//! Commands that format, and the rehearsal: words, what is printed, the status and the line on the
//! fault sink.

use std::alloc::AllocError;
use std::test::Fail;
use vt_host_memory::{
    FILTERED, Given, INDEX, Partitions, Ran, Row, Runtime, Told, Wanted, all_but, run, see_rows,
    told,
};
use vt_rows::Rows;

/// Each over what those before it left.
const ROWS: &[Row] = &[
    // What is made.
    (
        &["fmtarenas", "a.part", "a0", "40960", "32768"],
        &[],
        0,
        &[b"fmtarenas a0: 1 arenas of 32768 bytes\n"],
        "",
    ),
    (
        &["fmtisect", "i.part", "i0", "92160"],
        &[],
        0,
        &[b"fmtisect i0: 4 buckets\n"],
        "",
    ),
    (
        &["fmtbloom", "b.part", "8192", "8"],
        &[],
        0,
        &[b"fmtbloom: 8192 bytes, 8 positions\n"],
        "",
    ),
    // What is there isn't made shorter, and is grown where it is.
    (
        &["fmtarenas", "a.part", "a.-_1", "0", "32768"],
        &[],
        0,
        &[b"fmtarenas a.-_1: 1 arenas of 32768 bytes\n"],
        "",
    ),
    (
        &["fmtisect", "i.part", "i1", "41472"],
        &[],
        0,
        &[b"fmtisect i1: 4 buckets\n"],
        "",
    ),
    (
        &["fmtbloom", "b.part", "16384", "32"],
        &[],
        0,
        &[b"fmtbloom: 16384 bytes, 32 positions\n"],
        "",
    ),
    // What is refused: the first word in order, and then the file.
    (
        &["fmtbloom", "b.part", "8192", "8"],
        &[],
        3,
        &[],
        "venti: b.part: m is 16, want 17\n",
    ),
    (
        &["fmtisect", "j.part", "i0", "41471"],
        &[],
        3,
        &[],
        "venti: j.part: too small: 41471, need 41472\n",
    ),
    (
        &["fmtarenas", "c.part", "a0", "40959", "32768"],
        &[],
        3,
        &[],
        "venti: c.part: too small: 40959, need 40960\n",
    ),
    (
        &["fmtarenas", "a.part", "a0", "40960", "40000"],
        &[],
        5,
        &[],
        "venti: bad number at 0\n",
    ),
    (
        &["fmtarenas", "a.part", "a0", "4096k", "32768"],
        &[],
        5,
        &[],
        "venti: bad number at 4\n",
    ),
    (
        &["fmtarenas", "a.part", "a/0", "x", "y"],
        &[],
        5,
        &[],
        "venti: bad name at 1\n",
    ),
    (
        &["fmtarenas", "a.part", "", "40960", "32768"],
        &[],
        5,
        &[],
        "venti: bad name at 0\n",
    ),
    (
        &[
            "fmtarenas",
            "a.part",
            "a234567890123456789012345678901234567890123456789012345678901234567",
            "40960",
            "32768",
        ],
        &[],
        5,
        &[],
        "venti: bad name at 64\n",
    ),
    (
        &["fmtisect", "i.part", "caf\u{e9}", "92160"],
        &[],
        5,
        &[],
        "venti: bad name at 3\n",
    ),
    (
        &["fmtisect", "i.part", "i0", "01"],
        &[],
        5,
        &[],
        "venti: bad number at 1\n",
    ),
    (
        &["fmtisect", "i.part", "i0", "1099511627777"],
        &[],
        5,
        &[],
        "venti: bad number at 0\n",
    ),
    (
        &["fmtbloom", "b.part", "16385", "0"],
        &[],
        5,
        &[],
        "venti: bad number at 0\n",
    ),
    (
        &["fmtbloom", "b.part", "16384", "33"],
        &[],
        5,
        &[],
        "venti: bad number at 0\n",
    ),
    (
        &["fmtbloom", "b.part", "16384", "3x"],
        &[],
        5,
        &[],
        "venti: bad number at 1\n",
    ),
    // Rehearsals.
    (
        &["rehearse", "1", "0"],
        &[],
        0,
        &[
            b"events 0\nwrites 0 accepted 0 held 0\nreads 0 found 0 missing 0\n",
            b"syncs 0\ncrashes 0 lost 0\nblocks 0\ncheck ok\n",
        ],
        "",
    ),
    (
        &["rehearse", "1", "1"],
        &[],
        0,
        &[
            b"events 1\nwrites 0 accepted 0 held 0\nreads 1 found 0 missing 1\n",
            b"syncs 0\ncrashes 0 lost 0\nblocks 0\ncheck ok\n",
        ],
        "",
    ),
    (
        &["rehearse", "0", "1"],
        &[],
        0,
        &[
            b"events 0\nwrites 0 accepted 0 held 0\nreads 0 found 0 missing 0\n",
            b"syncs 0\ncrashes 1 lost 0\nblocks 0\ncheck ok\n",
        ],
        "",
    ),
    (
        &["rehearse", "2", "1"],
        &[],
        0,
        &[
            b"events 1\nwrites 0 accepted 0 held 0\nreads 0 found 0 missing 0\n",
            b"syncs 0\ncrashes 0 lost 0\nblocks 0\ncheck ok\n",
        ],
        "",
    ),
    // A block is written, and lost in a crash; another is written twice, and read; a third one is
    // written and synced, which takes six device calls, and read behind a crash.
    (
        &["rehearse", "15", "2"],
        &[],
        0,
        &[
            b"events 1\nwrites 1 accepted 1 held 0\nreads 0 found 0 missing 0\n",
            b"syncs 0\ncrashes 1 lost 1\nblocks 0\ncheck ok\n",
        ],
        "",
    ),
    (
        &["rehearse", "328907", "3"],
        &[],
        0,
        &[
            b"events 3\nwrites 2 accepted 1 held 1\nreads 1 found 1 missing 0\n",
            b"syncs 0\ncrashes 0 lost 0\nblocks 1\ncheck ok\n",
        ],
        "",
    ),
    (
        &["rehearse", "17104", "4"],
        &[],
        0,
        &[
            b"events 10\nwrites 1 accepted 1 held 0\nreads 1 found 1 missing 0\n",
            b"syncs 1\ncrashes 1 lost 0\nblocks 1\ncheck ok\n",
        ],
        "",
    ),
    (
        &["rehearse", "9223372036854775807", "0"],
        &[],
        0,
        &[
            b"events 0\nwrites 0 accepted 0 held 0\nreads 0 found 0 missing 0\n",
            b"syncs 0\ncrashes 0 lost 0\nblocks 0\ncheck ok\n",
        ],
        "",
    ),
    (
        &["rehearse", "9223372036854775808", "0"],
        &[],
        5,
        &[],
        "venti: bad number at 0\n",
    ),
    (
        &["rehearse", "1", "4294967296"],
        &[],
        5,
        &[],
        "venti: bad number at 0\n",
    ),
    (
        &["rehearse", "1x", "y"],
        &[],
        5,
        &[],
        "venti: bad number at 1\n",
    ),
    // What is no command.
    (
        &["fmtbloom", "b.part", "16384"],
        &[],
        1,
        &[],
        "venti: bad command line\n",
    ),
    (
        &["fmtisect", "i.part", "i0", "92160", "0"],
        &[],
        1,
        &[],
        "venti: bad command line\n",
    ),
    (&["fmtindex"], &[], 1, &[], "venti: bad command line\n"),
    // What an index is made of, and why it isn't.
    (
        &["fmtindex", "v.conf"],
        &[],
        0,
        &[b"fmtindex main: 4 buckets in 1 sections\n"],
        "",
    ),
    (&["fmtindex", "x.conf"], &[], 6, &[], "venti: read fault\n"),
    (
        &["fmtindex", "size.conf"],
        &[],
        2,
        &[],
        "venti: config line 4: bad size\n",
    ),
    (
        &["fmtindex", "empty.conf"],
        &[],
        2,
        &[],
        "venti: config line 0: no arenas\n",
    ),
    (
        &["fmtindex", "none.conf"],
        &[],
        4,
        &[],
        "venti: disk fault\n",
    ),
    (
        &["fmtindex", "other.conf"],
        &[],
        3,
        &[],
        "venti: b.part: not formatted\n",
    ),
    (
        &["fmtarenas", "c.part", "a.-_1", "40960", "32768"],
        &[],
        0,
        &[b"fmtarenas a.-_1: 1 arenas of 32768 bytes\n"],
        "",
    ),
    (
        &["fmtindex", "twice.conf"],
        &[],
        3,
        &[],
        "venti: c.part: name is that of a.part\n",
    ),
    // What was handed out, and isn't back.
    (
        &["fmtisect", "lent.part", "i0", "92160"],
        &[],
        4,
        &[],
        "venti: disk fault\n",
    ),
];

const FORMATS: Told = told!("a command that formats, or rehearses");

/// The rows are as they say, where a partition was handed out and isn't back.
#[test]
fn files_are_formatted(rt: HostRuntime) -> Result<(), Fail> {
    let mut rows = Rows::new();
    let mut parts = Partitions::new(rt.alloc());
    let is_lent = parts.lend(rt.alloc(), "lent.part", 8192)?;
    rows.is("a partition is handed out", is_lent);
    see_rows(&rt, &mut rows, &mut parts, &FORMATS, ROWS)?;
    rows.all()?;
    Ok(())
}

const TOO_LONG: Told = told!("a configuration that is too long");

/// A file of this name and this content.
fn file<'a>(name: &'a str, content: &'a [u8]) -> (&'a str, &'a [u8]) {
    (name, content)
}

/// What a command is given whose configuration this is.
fn with_long<'a>(content: &'a [u8]) -> Given<'a> {
    Given {
        file: Some(file("long.conf", content)),
        ..Given::new(&["fmtindex", "long.conf"], &[])
    }
}

/// A configuration has one byte more than it may have.
#[test]
fn a_configuration_may_be_too_long(rt: HostRuntime) -> Result<(), Fail> {
    let mut rows = Rows::new();
    let long = vec![in rt.alloc(); b'#'; 65_537]?;
    let wanted = Wanted {
        status: 2,
        output: &[],
        complaint: b"venti: config line 0: too long\n",
    };
    let ran = run(&rt, &mut Partitions::new(rt.alloc()), &with_long(&long))?;
    ran.see(&mut rows, 0, &TOO_LONG, &wanted);
    rows.all()?;
    Ok(())
}

const FULL_SINK: Told = told!("a sink that is full");

/// The sink takes ten bytes, and the file is formatted.
#[test]
fn a_sink_may_be_full(rt: HostRuntime) -> Result<(), Fail> {
    let mut rows = Rows::new();
    let given = Given {
        room: 10,
        ..Given::new(&["fmtisect", "i.part", "i0", "92160"], &[])
    };
    let wanted = Wanted {
        status: 7,
        output: &[b"fmtisect i"],
        complaint: b"venti: write fault\n",
    };
    let ran = run(&rt, &mut Partitions::new(rt.alloc()), &given)?;
    ran.see(&mut rows, 0, &FULL_SINK, &wanted);
    rows.all()?;
    Ok(())
}

/// Runs the program with these words.
fn run_words(rt: &impl Runtime, parts: &mut Partitions, words: &[&str]) -> Result<Ran, AllocError> {
    run(rt, parts, &Given::new(words, &[]))
}

/// What is said where a call of the command that makes a partition fails: `w` that the partition
/// was made; else what `at_stop` says.
fn letter(
    rt: &impl Runtime,
    rows: &mut Rows,
    number: usize,
    words: &[&str],
    call: usize,
) -> Result<u8, AllocError> {
    let mut parts = all_but(rt, rows, number, call as u64, 1)?;
    let ran = run_words(rt, &mut parts, words)?;
    if ran.status == 0 {
        return Ok(b'w');
    }
    ran.see(rows, call, &STOPPED, &FAULT);
    let said = at_stop(rt, &mut parts)?;
    let again = run_words(rt, &mut parts, words)?;
    rows.nth(call, "a command that is done again", again.status == 0);
    Ok(said)
}

const STOPPED: Told = told!("a command of which a call fails");

/// How a command ends of which a call fails.
const FAULT: Wanted<'static> = Wanted {
    status: 4,
    output: &[],
    complaint: b"venti: disk fault\n",
};

/// What `fmtindex` says of partitions at one of which a command stopped: `n` that the file isn't
/// formatted, or `f` that the index is. Done again, the command ends well.
fn at_stop(rt: &impl Runtime, parts: &mut Partitions) -> Result<u8, AllocError> {
    let ran = run(rt, parts, &Given::new(INDEX, &[]))?;
    Ok(if ran.complaint.ends_with(b": not formatted\n") {
        b'n'
    } else if ran.status == 0 {
        b'f'
    } else {
        b'?'
    })
}

/// For each call at which the command stops its letter (see `letter`), `w` where it makes no such call;
/// and what a wrong one is told by. Behind its last write a file is formatted, also where the sync
/// fails that follows, or a read.
const LETTERS: [(&[u8], &str); 3] = [
    (b"nnnnffw", "what is said of a file of arenas"),
    (b"nffw", "what is said of a section"),
    (b"nffw", "what is said of a filter"),
];

/// Where each call of the command that makes this partition fails, in turn, this is said.
fn see_letters(
    rt: &impl Runtime,
    rows: &mut Rows,
    number: usize,
    letters: &(&[u8], &'static str),
    words: &[&str],
) -> Result<(), AllocError> {
    let (wanted, what) = *letters;
    for (call, wanted) in wanted.iter().enumerate() {
        let found = letter(rt, rows, number, words, call)?;
        rows.nth(call, what, found == *wanted);
    }
    Ok(())
}

#[test]
fn a_file_is_formatted_by_its_last_write(rt: HostRuntime) -> Result<(), Fail> {
    let mut rows = Rows::new();
    for (number, (letters, (_, words))) in LETTERS.iter().zip(FILTERED.iter()).enumerate() {
        see_letters(&rt, &mut rows, number, letters, words)?;
    }
    rows.all()?;
    Ok(())
}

» TASK TO CARRY OUT: Scan the entries above for the line containing "fn a_configuration_may_be_too_long(rt: HostRuntime)", and copy it and all lines after it exactly, down to and including the line containing "let said = at_stop(rt, &mut parts)?;".

» RESULT OF THE EXERCISE:
fn a_configuration_may_be_too_long(rt: HostRuntime) -> Result<(), Fail> {
    let mut rows = Rows::new();
    let long = vec![in rt.alloc(); b'#'; 65_537]?;
    let wanted = Wanted {
        status: 2,
        output: &[],
        complaint: b"venti: config line 0: too long\n",
    };
    let ran = run(&rt, &mut Partitions::new(rt.alloc()), &with_long(&long))?;
    ran.see(&mut rows, 0, &TOO_LONG, &wanted);
    rows.all()?;
    Ok(())
}

const FULL_SINK: Told = told!("a sink that is full");

/// The sink takes ten bytes, and the file is formatted.
#[test]
fn a_sink_may_be_full(rt: HostRuntime) -> Result<(), Fail> {
    let mut rows = Rows::new();
    let given = Given {
        room: 10,
        ..Given::new(&["fmtisect", "i.part", "i0", "92160"], &[])
    };
    let wanted = Wanted {
        status: 7,
        output: &[b"fmtisect i"],
        complaint: b"venti: write fault\n",
    };
    let ran = run(&rt, &mut Partitions::new(rt.alloc()), &given)?;
    ran.see(&mut rows, 0, &FULL_SINK, &wanted);
    rows.all()?;
    Ok(())
}

/// Runs the program with these words.
fn run_words(rt: &impl Runtime, parts: &mut Partitions, words: &[&str]) -> Result<Ran, AllocError> {
    run(rt, parts, &Given::new(words, &[]))
}

/// What is said where a call of the command that makes a partition fails: `w` that the partition
/// was made; else what `at_stop` says.
fn letter(
    rt: &impl Runtime,
    rows: &mut Rows,
    number: usize,
    words: &[&str],
    call: usize,
) -> Result<u8, AllocError> {
    let mut parts = all_but(rt, rows, number, call as u64, 1)?;
    let ran = run_words(rt, &mut parts, words)?;
    if ran.status == 0 {
        return Ok(b'w');
    }
    ran.see(rows, call, &STOPPED, &FAULT);
    let said = at_stop(rt, &mut parts)?;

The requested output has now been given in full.